• Work request:
Look through the data below and extract, unchanged, the lines from the one that contains "use crate::figures::Figures;" to the one that contains "let thieves = thieves_from(alloc, &mut", both included.

• Excerpted data:
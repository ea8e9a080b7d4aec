//! A worker with its seat, its strand, its deque of tickets and its ends of the others'; all workers of a run.
ghost use Rattle.std.specs.Prelude.{◌≡◌, vec_len, vec_capacity, ◌≤◌, IfOk};
ghost use Rattle.shared_run.specs.serial_machine.Decoding.{IsCodeOf};

use crate::figures::Figures;
use crate::outlook::Quit;
use deque_pool_tickets::{Hands, Thief};
use lists::OutOfMemory;
use shared_run::turns::Habits;
use shared_run::{Bench, Decoded, Seat, Verified, WorkerStrand};
use std::alloc::Global;
use std::sync::Mutex;

/// A worker: its seat, its strand, its list of tickets, and its ends of the others' lists, from the next worker on; what it has done, and why it left.
#[derive(Drop)]
pub(crate) struct Worker<'p, L: Bench> {
    pub(crate) seat: Seat<L>,
    pub(crate) strand: WorkerStrand<'p, L>,
    pub(crate) hands: Hands,
    pub(crate) thieves: Vec<Thief>,
    pub(crate) habits: Habits,
    pub(crate) figures: Figures,
    pub(crate) left: Quit,
}

/// A worker for each seat, each in a lock for its thread, and in the opposite order, so that worker 0 is the last. They have done what `figures` say.
pub(crate) fn crew_of<'p, L: Bench>(
    alloc: Global,
    mut seats: Vec<Seat<L>>,
    figures: &[Figures],
    verified: &'p Verified,
    code: &'p Decoded,
) -> Result<Vec<Mutex<Worker<'p, L>>>, OutOfMemory>
    requires code { verified.now ≡ L.code }
    requires decoded { IsCodeOf verified.now code.now }
    ensures { IfOk result (λ crew. vec_len crew ≡ vec_len seats) }
{
    let count = seats.len();
    let (mut own, mut ends) = all_hands(alloc, count)?;
    let mut crew = Vec::with_capacity(alloc, count)?;
    while let Some(seat) = seats.pop() {
        let Some(hands) = own.pop() else {
            return Err(OutOfMemory);
        };
        let strand = WorkerStrand::new(alloc, verified, code)?;
        let me = seats.len();
        let thieves = thieves_from(alloc, &mut ends, me)?;
        let figures = figures.get(me).copied().unwrap_or(Figures::none());
        crew.push(Mutex::new(Worker {
            seat,
            strand,
            hands,
            thieves,
            habits: Habits::new(alloc),
            figures,
            left: Quit::Over,
        }))?;
    }
    Ok(crew)
}

/// The tickets of so many workers, and for each the ends for the others.
fn all_hands(alloc: Global, count: usize) -> Result<(Vec<Hands>, Vec<Vec<Thief>>), OutOfMemory> {
    let mut own = Vec::with_capacity(alloc, count)?;
    let mut ends = Vec::with_capacity(alloc, count)?;
    for _ in 0..count {
        let (hands, thieves) = Hands::new(alloc, count.saturating_sub(1))?;
        own.push(hands)?;
        ends.push(thieves)?;
    }
    Ok((own, ends))
}

/// An end of the tickets of each worker but `me`, from the next worker on.
fn thieves_from(
    alloc: Global,
    ends: &mut Vec<Vec<Thief>>,
    me: usize,
) -> Result<Vec<Thief>, OutOfMemory> {
    let count = ends.len();
    let mut thieves = Vec::with_capacity(alloc, count)?;
    for step in 1..count {
        let Some(end) = ends.get_mut((me % count + step) % count) else {
            continue;
        };
        if let Some(thief) = end.pop() {
            thieves.push(thief)?;
        }
    }
    Ok(thieves)
}

/// The seats of all workers, in `room`, and why each of them left, in `left`, which are empty; what they have done by now goes into `figures`.
pub(crate) fn disband<L: Bench>(
    mut crew: Vec<Mutex<Worker<'_, L>>>,
    mut room: Vec<Seat<L>>,
    mut left: Vec<Quit>,
    figures: &mut [Figures],
) -> (Vec<Seat<L>>, Vec<Quit>)
    requires room { (vec_len room ≡ 0) × (vec_len crew ≤ vec_capacity room) }
    requires left { (vec_len left ≡ 0) × (vec_len crew ≤ vec_capacity left) }
    ensures seats { vec_len result.0 ≡ vec_len crew.entry }
    ensures left { vec_len result.1 ≡ vec_len crew.entry }
{
    while let Some(worker) = crew.pop() {
        let worker = worker.into_inner();
        left.push_reserved(worker.left);
        if let Some(own) = figures.get_mut(usize::from(worker.seat.worker())) {
            *own = worker.figures;
        }
        room.push_reserved(worker.seat);
    }
    (room, left)
}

• Output for this task:
use crate::figures::Figures;
use crate::outlook::Quit;
use deque_pool_tickets::{Hands, Thief};
use lists::OutOfMemory;
use shared_run::turns::Habits;
use shared_run::{Bench, Decoded, Seat, Verified, WorkerStrand};
use std::alloc::Global;
use std::sync::Mutex;

/// A worker: its seat, its strand, its list of tickets, and its ends of the others' lists, from the next worker on; what it has done, and why it left.
#[derive(Drop)]
pub(crate) struct Worker<'p, L: Bench> {
    pub(crate) seat: Seat<L>,
    pub(crate) strand: WorkerStrand<'p, L>,
    pub(crate) hands: Hands,
    pub(crate) thieves: Vec<Thief>,
    pub(crate) habits: Habits,
    pub(crate) figures: Figures,
    pub(crate) left: Quit,
}

/// A worker for each seat, each in a lock for its thread, and in the opposite order, so that worker 0 is the last. They have done what `figures` say.
pub(crate) fn crew_of<'p, L: Bench>(
    alloc: Global,
    mut seats: Vec<Seat<L>>,
    figures: &[Figures],
    verified: &'p Verified,
    code: &'p Decoded,
) -> Result<Vec<Mutex<Worker<'p, L>>>, OutOfMemory>
    requires code { verified.now ≡ L.code }
    requires decoded { IsCodeOf verified.now code.now }
    ensures { IfOk result (λ crew. vec_len crew ≡ vec_len seats) }
{
    let count = seats.len();
    let (mut own, mut ends) = all_hands(alloc, count)?;
    let mut crew = Vec::with_capacity(alloc, count)?;
    while let Some(seat) = seats.pop() {
        let Some(hands) = own.pop() else {
            return Err(OutOfMemory);
        };
        let strand = WorkerStrand::new(alloc, verified, code)?;
        let me = seats.len();
        let thieves = thieves_from(alloc, &mut ends, me)?;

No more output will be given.